L’enigma dell’anziano normopeso sarcopenico

Il processo significativo di invecchiamento che coinvolge la popolazione italiana (in soli 12 anni dal 2002 al 2014 gli “over 65” sono passati dal 18,6% al 21,4% della popolazione totale), ci obbliga a porre la nostra attenzione su di un particolare aspetto nutrizionale ormai abbastanza frequente tra gli individui “anziani”. Infatti non è più tanto raro imbattersi in anziani il cui peso corporeo risulta apparentemente nella norma (per quanto riguarda i kg in rapporto all’altezza), ma con  una % di grasso in eccesso e una massa magra muscolare deficitaria. In questo caso il rilievo del solo peso corporeo trae in inganno l’operatore sanitario o di fitness, facendogli credere che il soggetto analizzato si trovi in uno stato eunutrizionale, mentre invece la carenza di tessuto muscolare è semplicemente compensata da un eccesso di grasso. Si tratta di uno stato di malnutrizione estremamente pericoloso, in quanto espone l’anziano ad una duplice problematica: da un lato un aumentato rischio di sviluppare infezioni (il suo sistema immunitario non funziona più come dovrebbe) e dall’altro a pericolose cadute che spesso conducono direttamente o indirettamente a morte.

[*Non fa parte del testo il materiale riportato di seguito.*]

//! Laws on the trees of files. The functions do nothing: their contracts are the laws.

ghost use Rattle.widl_syntax.specs.OneTree.{EachSpellingHasOneTree};

/// No two trees have the same spelling: where two files spell the same tokens, their definitions say the
/// same, with equal places and equal texts.
pub fn one_tree_spelled()
    ensures { EachSpellingHasOneTree }
{}
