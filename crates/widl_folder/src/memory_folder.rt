//! A folder in memory that fails where it is told to.

ghost use Rattle.std.specs.Prelude.{◌≡◌, ◌+◌, ◌-◌, ◌^◌, ◌↔◌, min, Contains, IsTrue, None};
ghost use Rattle.widl_folder.specs.Readings.{MemoryFolderState};

use crate::reading::{Reading, find, give};
use crate::{Files, Folder, ReadFailed, Started};
use std::marker::Model;
use widl_sink::Numbers;

/// Files in memory. The calls of `start` and `read` are counted together from 1, and those whose
/// numbers are listed fail.
#[derive(Drop)]
pub struct MemoryFolder {
    files: Files,
    fails: Numbers,
    reading: Option<Reading>,
    calls: u64,
    misses: u64,
    faults: u64,
    given: u32,
    starts: u64,
}

impl Model for MemoryFolder {
    ghost Value = { MemoryFolderState };

    ghost view = { λ f. record { files = f.files; fails = f.fails; reading = f.reading; calls = f.calls; misses = f.misses; faults = f.faults; given = f.given; starts = f.starts } };
}

impl MemoryFolder {
    /// A folder of these files that fails in these calls.
    pub fn new(files: Files, fails: Numbers) -> MemoryFolder
        ensures { result ≡ record { files = files; fails = fails; reading = None; calls = 0; misses = 0; faults = 0; given = 0; starts = 0 } }
    {
        MemoryFolder {
            files,
            fails,
            reading: None,
            calls: 0,
            misses: 0,
            faults: 0,
            given: 0,
            starts: 0,
        }
    }

    /// Counts a call, and tells whether it is to fail.
    fn fails_now(calls: &mut u64, fails: &Numbers) -> bool
        ensures counted { calls.new ≡ min (calls.old + 1) (2 ^ 64 - 1) }
        ensures failed { IsTrue result ↔ Contains fails.now calls.new }
    {
        *calls = calls.saturating_add(1);
        fails.has(*calls)
    }
}

impl Folder for MemoryFolder {
    ghost use Rattle.std.specs.Prelude.{Some, is_some};
    ghost use Rattle.widl_folder.specs.Readings.{MemoryReads, MemoryStarts, left_of};

    ghost files = { λ f. Some f.files };

    ghost left = { λ f. Some (left_of f.files f.reading) };

    ghost is_started = { λ f. is_some f.reading };

    ghost misses = { λ f. f.misses };

    ghost faults = { λ f. f.faults };

    ghost given = { λ f. f.given };

    ghost starts = { λ f. f.starts };

    ghost Starts = { MemoryStarts };

    ghost Reads = { MemoryReads };

    fn start(&mut self, name: &str) -> Started {
        self.given = 0;
        self.starts = self.starts.saturating_add(1);
        self.reading = None;
        if MemoryFolder::fails_now(&mut self.calls, &self.fails) {
            self.faults = self.faults.saturating_add(1);
            return Started::Failed;
        }
        match find(&self.files, name) {
            Some(place) => {
                self.reading = Some(Reading { place, offset: 0 });
                Started::Ready
            }
            None => {
                self.misses = self.misses.saturating_add(1);
                Started::Missing
            }
        }
    }

    fn read(&mut self, into: &mut [u8]) -> Result<u32, ReadFailed> {
        if MemoryFolder::fails_now(&mut self.calls, &self.fails) {
            self.faults = self.faults.saturating_add(1);
            return Err(ReadFailed);
        }
        let Some(reading) = self.reading else {
            return Ok(0);
        };
        let (next, count) = give(&self.files, reading, into);
        self.reading = Some(next);
        self.given += count;
        Ok(count)
    }
}
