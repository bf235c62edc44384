// Makes an image with no files: new OUT SECTORS. docs/OPERATORS.md says what is printed. The image mounts: `emptied-mounts`, in making's
// proofs, of what is written.
#![tactic(auto)]

use arguments::{arg_count, complain, create, remove, said, write_whole};
use geometry::Geometry;
use std::env::Env;
use std::io;
use std::io::ErrorKind;
use texts::number_in;

// The numbers of its arguments.
const OUT: usize = 1;

const SECTORS: usize = 2;

// How many sectors are asked for; 0, which no image has, if that is no number.
fn sectors(rt: &impl Env) -> u32 {
    number_in(said(rt, SECTORS).bytes()).unwrap_or(0)
}

// Tells what was made.
fn tell(rt: &(impl Env + Print), size: usize) {
    let sectors = size / Geometry::SECTOR;
    let _ = print!(rt; "NEW ");
    arguments::print(rt, OUT);
    let _ = println!(rt; " {sectors} SECTORS");
}

// Why there is no new file.
#[derive(Clone, Copy)]
enum Failed {
    There, // one of that name is there
    Unmade,
    Removed, // not all of it could be written
    Cut, // the same, and it could not be removed again
}

impl Failed {
    // What is told of it.
    fn text(self) -> &'static [u8] {
        match self {
            Failed::There => b"there already, and not overwritten: ",
            Failed::Unmade => b"cannot make ",
            Failed::Removed => b"cannot write all of it, so it is removed again: ",
            Failed::Cut => b"cannot write all of it, and it is not whole: ",
        }
    }
}

// Why a file could not be made.
fn unmade(error: io::Error) -> Failed {
    match error.kind() {
        ErrorKind::AlreadyExists => Failed::There,
        _ => Failed::Unmade,
    }
}

// Removes a file that could not be written whole. It was new, so nothing else is lost.
fn take_back(rt: &HostRuntime, path: &[u8]) -> Failed {
    match remove(rt, path) {
        Ok(()) => Failed::Removed,
        Err(_) => Failed::Cut,
    }
}

// Writes an image to a new file.
fn save(rt: &HostRuntime, image: &[u8], path: &[u8]) -> Result<(), Failed> {
    let file = create(rt, path).map_err(unmade)?;
    write_whole(file, image).map_err(|_| take_back(rt, path))
}

// Writes an image to a new file, which OUT names.
fn save_out(rt: &HostRuntime, image: &[u8]) {
    match save(rt, image, said(rt, OUT).bytes()) {
        Ok(()) => tell(rt, image.len()),
        Err(failed) => complain(rt, failed.text(), OUT),
    }
}

// Makes the image in lent bytes, if there may be one of so many, and writes it.
fn make(rt: &HostRuntime, image: &mut [u8]) {
    if making::make_empty(image) {
        save_out(rt, image);
    } else {
        complain(rt, b"no number of sectors from 1 to 4096: ", SECTORS);
    }
}

// Makes the image in the first bytes of a room for 4,096 sectors; in no bytes at all if more are asked for.
fn make_in(rt: &HostRuntime, room: &mut [u8; 1474560]) {
    let size = Geometry::SECTOR * sectors(rt) as usize;
    make(rt, room.get_mut(..size).unwrap_or(&mut []));
}

// Makes it in a room of its own. Apart from `main`, in which the compiler would clear the room once more, at its beginning.
#[inline(never)]
fn make_new(rt: &HostRuntime) {
    // Stays: a room of fixed size with its length, since nothing is allocated.
    let mut room = [0u8; 1474560];
    make_in(rt, &mut room);
}

// Stays: as other programs begin. One function for their counts and usages would be longer than these lines, since a usage is a format.
fn main(rt: HostRuntime) {
    if arg_count(&rt) != 3 {
        let _ = eprintln!(rt; "usage: new OUT SECTORS");
        return;
    }
    make_new(&rt);
}
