// The programs that plan a request, check a plan, and carry one out: what each does with its
// arguments, and its last line.
use crate::carrying::carry_file;
use crate::planning::{check_file, plan_file};
use host::saying::conclude;
use host::{Failure, Word, arguments};

fn plan_one(rt: HostRuntime) -> Result<Option<Word>, Failure> {
    let usage = b"plan IMAGE PLANFILE write CHUNK SIZE | discard CHUNK";
    let request = arguments::request(rt, 3, usage)?;
    plan_file(rt, request)
}

// Plans a request into a new file, and prints the plan.
pub fn plan(rt: HostRuntime) {
    conclude(rt, plan_one(rt));
}

fn check_one(rt: HostRuntime) -> Result<Option<Word>, Failure> {
    let usage = b"check_plan IMAGE PLANFILE write CHUNK SIZE | discard CHUNK";
    let request = arguments::request(rt, 3, usage)?;
    check_file(rt, request)
}

// Checks a plan for a request.
pub fn check_plan(rt: HostRuntime) {
    conclude(rt, check_one(rt));
}

// Argument 3 says of how many steps.
fn carry_one(rt: HostRuntime) -> Result<Option<Word>, Failure> {
    let usage = b"carry_out IMAGE PLANFILE N write CHUNK SIZE | discard CHUNK";
    let request = arguments::request(rt, 4, usage)?;
    let n = arguments::number(rt, 3)?;
    carry_file(rt, request, n)
}

// Carries out the first steps of a plan on an image file, in place.
pub fn carry_out(rt: HostRuntime) {
    conclude(rt, carry_one(rt));
}
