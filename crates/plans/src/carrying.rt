// Plans carried out on an image file.
ghost use Rattle.std.specs.Prelude.{◌≡◌};
ghost use Rattle.plans.specs.LongPlans.{asked_of};

use crate::{PLAN_ROOM, READ_STEPS};
use carry::carry;
use host::arguments::file_name;
use host::making::rewrite;
use host::opening::open_update;
use host::reading::{file_length, read_file, read_open};
use host::{Failure, NAME_ROOM, ReadError, Word};
use layout::MAX_IMAGE_BYTES;
use steps::reading::next_of;
use steps::{Request, STEP_BYTES, Step};

// How many steps to ask of the first 65 of a longer plan, where n are asked of the plan: what is
// past all of its steps stays so.
#[tactic(auto, unfolding(crate::specs::LongPlans::asked_of))]
fn asked_of(n: u64, whole: u64) -> u64
    ensures { result ≡ asked_of n whole }
{
    if whole < n {
        n
    } else {
        n.min(READ_STEPS as u64)
    }
}

// How many of a plan's first n steps stand before its LINK.
fn before_link(plan: &[u8], n: u64) -> u64 {
    (0..n)
        .find(|&i| matches!(next_of(plan, i as usize), Some(Some(Step::Link { .. }))))
        .unwrap_or(n)
}

// Carries out the first n steps of a plan on the image that argument 1 names; a refused image is not
// written. The FENCE before LINK is kept on the file too: what stands before LINK is synced before
// LINK is written, so that a power failure never leaves a link to a map that is not there. Each of
// the two is made from the image as it was found: once LINK has landed, the plan is no plan for the
// image any more. In a frame of its own: within main its images would stand below the rooms in which
// the arguments were read, and the program would take 220 KiB of stack in place of about 140.
#[inline(never)]
fn carry_plan(
    rt: HostRuntime,
    request: Request,
    plan: &[u8],
    n: u64,
) -> Result<Option<Word>, Failure> {
    let mut name = [0u8; NAME_ROOM];
    let name_length = file_name(rt, 1, &mut name)?;
    let name = &name[..name_length];
    let mut file = open_update(rt, name)?;
    let mut early = [0u8; MAX_IMAGE_BYTES];
    let length = read_open(rt, &mut file, name, &mut early)?;
    let mut late = early;
    carry(&mut late[..length], request, plan, n)?;
    let early_n = before_link(plan, n);
    // The plan is accepted, so that fewer of its steps are carried out too.
    let _ = carry(&mut early[..length], request, plan, early_n);
    rewrite(rt, &mut file, name, &early[..length])?;
    if early_n < n {
        rewrite(rt, &mut file, name, &late[..length])?;
    }
    Ok(Some(Word::Carried))
}

// Carries out the first n steps of the plan that argument 2 names. Of one that is longer than the
// room for it the first 65 steps were read.
pub(crate) fn carry_file(
    rt: HostRuntime,
    request: Request,
    n: u64,
) -> Result<Option<Word>, Failure> {
    let mut plan = [0u8; PLAN_ROOM];
    let (length, n) = match read_file(rt, 2, &mut plan) {
        Err(ReadError::Long) => (
            PLAN_ROOM,
            asked_of(n, file_length(rt, 2)? / STEP_BYTES as u64),
        ),
        read => (read?, n),
    };
    carry_plan(rt, request, &plan[..length], n)
}
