// Plans: made, printed in words, and checked.
ghost use Rattle.std.specs.Prelude.{◌≡◌, length};
ghost use Rattle.planner.specs.Planner.{plan_answer, plan_out};
ghost use Rattle.rules.specs.Rules.{checked};
ghost use Rattle.plans.specs.Checks.{check_outcome};

use crate::{OWN_PLAN_ROOM, PLAN_ROOM};
use checker::check::check;
use host::making::make_file;
use host::reading::read_file;
use host::saying::text;
use host::{Failure, ReadError, Word};
use layout::geometry::head;
use layout::trailers::check_trailer;
use layout::{MAX_IMAGE_BYTES, Refusal};
use planner::plan::{plan_discard, plan_write};
use steps::reading::step_at;
use steps::{Request, STEP_BYTES, Step};

// What a MAP or LINK step stores, at the end of its line.
fn stored(rt: HostRuntime, label: &str, value: Option<u32>) {
    let _ = match value {
        Some(n) => println!(rt; " {label} {n}"),
        None => println!(rt; " absent"),
    };
}

// A step on a line. The value of a MAP step is a unit, or a size in the `head` words before the
// units.
fn step_line(rt: HostRuntime, step: Option<Step>, head: u32) {
    match step {
        Some(Step::Data { unit, piece, .. }) => {
            let _ = println!(rt; "data unit {unit} piece {piece}");
        }
        Some(Step::Map { map, word, value }) => {
            let _ = print!(rt; "map {map} word {word}");
            stored(rt, if word < head { "size" } else { "unit" }, value);
        }
        Some(Step::Link { chunk, value }) => {
            let _ = print!(rt; "link chunk {chunk}");
            stored(rt, "map", value);
        }
        Some(Step::Fence) => text(rt, b"fence\n"),
        None => text(rt, b"malformed\n"),
    }
}

// The steps of a plan, one a line. `head` is how many words of a map stand before its units.
fn step_lines(rt: HostRuntime, plan: &[u8], head: u32) {
    for i in 0..plan.len() / STEP_BYTES {
        step_line(rt, step_at(plan, i), head);
    }
}

// How many words of a map of an image stand before its units.
fn head_of(image: &[u8]) -> u32 {
    match check_trailer(image) {
        Ok(g) => head(g),
        Err(_) => 0,
    }
}

// The planner's plan for a request.
fn plan_for(image: &[u8], request: Request, room: &mut [u8]) -> Result<u32, Refusal>
    ensures value { result ≡ plan_answer image.now request (length room.old) }
    ensures room_after { room.new ≡ plan_out image.now request room.old }
{
    match request {
        Request::Write { chunk, size } => plan_write(image, chunk, size, room),
        Request::Discard { chunk } => plan_discard(image, chunk, room),
    }
}

// Plans a request on an image, makes the file that argument 2 names of the plan, and then prints it:
// what is printed is there.
fn plan_image(rt: HostRuntime, image: &[u8], request: Request) -> Result<Option<Word>, Failure> {
    let mut room = [0u8; OWN_PLAN_ROOM];
    let n = plan_for(image, request, &mut room)?;
    let plan = &room[..STEP_BYTES * n as usize];
    make_file(rt, 2, plan)?;
    step_lines(rt, plan, head_of(image));
    Ok(Some(Word::Planned))
}

// Plans a request on the image that argument 1 names.
pub(crate) fn plan_file(rt: HostRuntime, request: Request) -> Result<Option<Word>, Failure> {
    let mut image = [0u8; MAX_IMAGE_BYTES];
    let length = read_file(rt, 1, &mut image)?;
    plan_image(rt, &image[..length], request)
}

fn check_image(image: &[u8], request: Request, plan: &[u8]) -> Result<Option<Word>, Failure>
    ensures { result ≡ check_outcome (checked image.now request plan.now) }
{
    check(image, request, plan)?;
    Ok(Some(Word::Accepted))
}

// Checks a plan on the image that argument 1 names. In a frame of its own, as `carry_plan` is.
#[inline(never)]
fn check_plan(rt: HostRuntime, request: Request, plan: &[u8]) -> Result<Option<Word>, Failure> {
    let mut image = [0u8; MAX_IMAGE_BYTES];
    let length = read_file(rt, 1, &mut image)?;
    check_image(&image[..length], request, plan)
}

// Checks the plan that argument 2 names. Of a longer one its first 65 steps get the same answer.
pub(crate) fn check_file(rt: HostRuntime, request: Request) -> Result<Option<Word>, Failure> {
    let mut plan = [0u8; PLAN_ROOM];
    let length = match read_file(rt, 2, &mut plan) {
        Err(ReadError::Long) => PLAN_ROOM,
        read => read?,
    };
    check_plan(rt, request, &plan[..length])
}
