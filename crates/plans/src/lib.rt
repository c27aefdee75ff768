// The work of the programs on plan files: planning, checking, carrying out. Each of them is one
// call of `commands`.
#![tactic(auto)]

use layout::{MAX_CHUNK_UNITS, MAX_MAP_WORDS};
use rules::MAX_STEPS;
use steps::STEP_BYTES;

mod carrying;
pub mod commands;
mod planning;

// Of a plan file one step more is read than a plan may have. A longer plan breaks rule 1 by its
// length, and so do its first 65 steps: the answer is the same (`long-checked` in proofs/Theorems).
// Only how many steps a plan has must then be asked of the file (`asked_of`, `long-carried`).
pub const READ_STEPS: usize = MAX_STEPS + 1;

pub const PLAN_ROOM: usize = STEP_BYTES * READ_STEPS;

// The longest plan that the planner writes: a step for each unit and for each word of the map, then
// FENCE, LINK, FENCE.
pub const OWN_PLAN_ROOM: usize = STEP_BYTES * (MAX_CHUNK_UNITS + MAX_MAP_WORDS + 3) as usize;
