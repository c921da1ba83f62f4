// Written by bench/kinds.py from crates/kinds.txt: change that and run it.
//! The classes of kinds.
ghost use Rattle.std.specs.Prelude.{◌≡◌};
ghost use Rattle.typst_base.specs.KindClasses.{is_block_kind, is_grouping_kind, is_keyword_kind, is_stmt_kind, is_terminator_kind, is_trivia_kind};

use crate::kind::SyntaxKind;

/// # Classes
impl SyntaxKind {
    /// Whether it is a bracket of any shape, opening or closing.
    pub fn is_grouping(self) -> bool
        ensures { result ≡ is_grouping_kind self }
    {
        matches!(
            self,
            SyntaxKind::LeftBrace
                | SyntaxKind::RightBrace
                | SyntaxKind::LeftBracket
                | SyntaxKind::RightBracket
                | SyntaxKind::LeftParen
                | SyntaxKind::RightParen
        )
    }

    /// Whether it is what ends an expression: the end of the tokens, a semicolon or a closing bracket.
    pub fn is_terminator(self) -> bool
        ensures { result ≡ is_terminator_kind self }
    {
        matches!(
            self,
            SyntaxKind::End
                | SyntaxKind::RightBrace
                | SyntaxKind::RightBracket
                | SyntaxKind::RightParen
                | SyntaxKind::Semicolon
        )
    }

    /// Whether it is a block of code or of content.
    pub fn is_block(self) -> bool
        ensures { result ≡ is_block_kind self }
    {
        matches!(self, SyntaxKind::CodeBlock | SyntaxKind::ContentBlock)
    }

    /// Whether it is a statement.
    pub fn is_stmt(self) -> bool
        ensures { result ≡ is_stmt_kind self }
    {
        matches!(
            self,
            SyntaxKind::LetBinding
                | SyntaxKind::SetRule
                | SyntaxKind::ShowRule
                | SyntaxKind::ModuleImport
                | SyntaxKind::ModuleInclude
        )
    }

    /// Whether it is a keyword.
    pub fn is_keyword(self) -> bool
        ensures { result ≡ is_keyword_kind self }
    {
        matches!(
            self,
            SyntaxKind::Not
                | SyntaxKind::And
                | SyntaxKind::Or
                | SyntaxKind::None
                | SyntaxKind::Auto
                | SyntaxKind::Let
                | SyntaxKind::Set
                | SyntaxKind::Show
                | SyntaxKind::Context
                | SyntaxKind::If
                | SyntaxKind::Else
                | SyntaxKind::For
                | SyntaxKind::In
                | SyntaxKind::While
                | SyntaxKind::Break
                | SyntaxKind::Continue
                | SyntaxKind::Return
                | SyntaxKind::Import
                | SyntaxKind::Include
                | SyntaxKind::As
        )
    }

    /// Whether it is what a parser passes over: white space, comments and paragraph breaks.
    pub fn is_trivia(self) -> bool
        ensures { result ≡ is_trivia_kind self }
    {
        matches!(
            self,
            SyntaxKind::Shebang
                | SyntaxKind::LineComment
                | SyntaxKind::BlockComment
                | SyntaxKind::Space
                | SyntaxKind::Parbreak
        )
    }
}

La ridotta introduzione proteica è una delle cause più immediate (e per fortuna trattabili) della sarcopenia, cioè della riduzione di massa e forza muscolari. La sarcopenia si riscontra nel 40% degli ultraottantenni e nel 20% dei soggetti di età over 65 anni. Alla base di questo problema c’è un carente assorbimento di Amino Acidi Essenziali col passare degli anni, ma soprattutto la mancata assunzione di proteine, nella giusta proporzione, in ogni pasto.

 

Mamerow ha pubblicato nel 2014 sul Journal of Nutrition una ricerca che chiarisce una volta per tutte che lo stimolo alla crescita muscolare si ottiene distribuendo le proteine della giornata in modo corretto in tutti e tre i pasti della giornata. Mangiare la stessa quantità di proteine, tutte insieme, per la cena, ottiene effetti profondamente diversi rispetto al distribuirle nel corso dei diversi pasti della giornata. La quantità di proteine necessaria ad una persona normale in una giornata qualsiasi, secondo le indicazioni dell’Oms (Who) è di 0,9 g di proteine per chilo di peso corporeo; significa che una persona sana del peso di 70 chili ha la necessità di mangiare circa 70 g di proteine durante una intera giornata. Si tratta di una quantità che non può e non deve essere utilizzata solo a cena (come fa la maggior parte degli italiani), ma distribuita durante l’intera giornata, con 20-25 g al mattino, 20-25 g a pranzo e infine 20-25 g alla sera. Ogni pasto va sempre bilanciato secondo un criterio volumetrico per avere come risultato, e con una buona approssimazione, la quantità di 1/3 di proteine, 1/3 di carboidrati e 1/3 di frutta o verdura.

Per fortuna si sta sempre più diffondendo l’utilizzo di semplicissimi sistemi integrati di valutazione funzionale (v. WELLFIT di Med4Fit), supportati dall’impiego di trasduttori esterni di minimissimo ingombro e costo, per il rilievo non solo del peso corporeo totale ma anche della % FAT, della forza e della massa magra muscolare, che dall’analisi integrata dei singoli dati consentono in tempi brevissimi di ottenere una reale fotografia dello stato di benessere e forma fisica, consentendo così di  correggere eventuali situazioni di rischio sia esso cardiovascolare, metabolico o nutrizionale.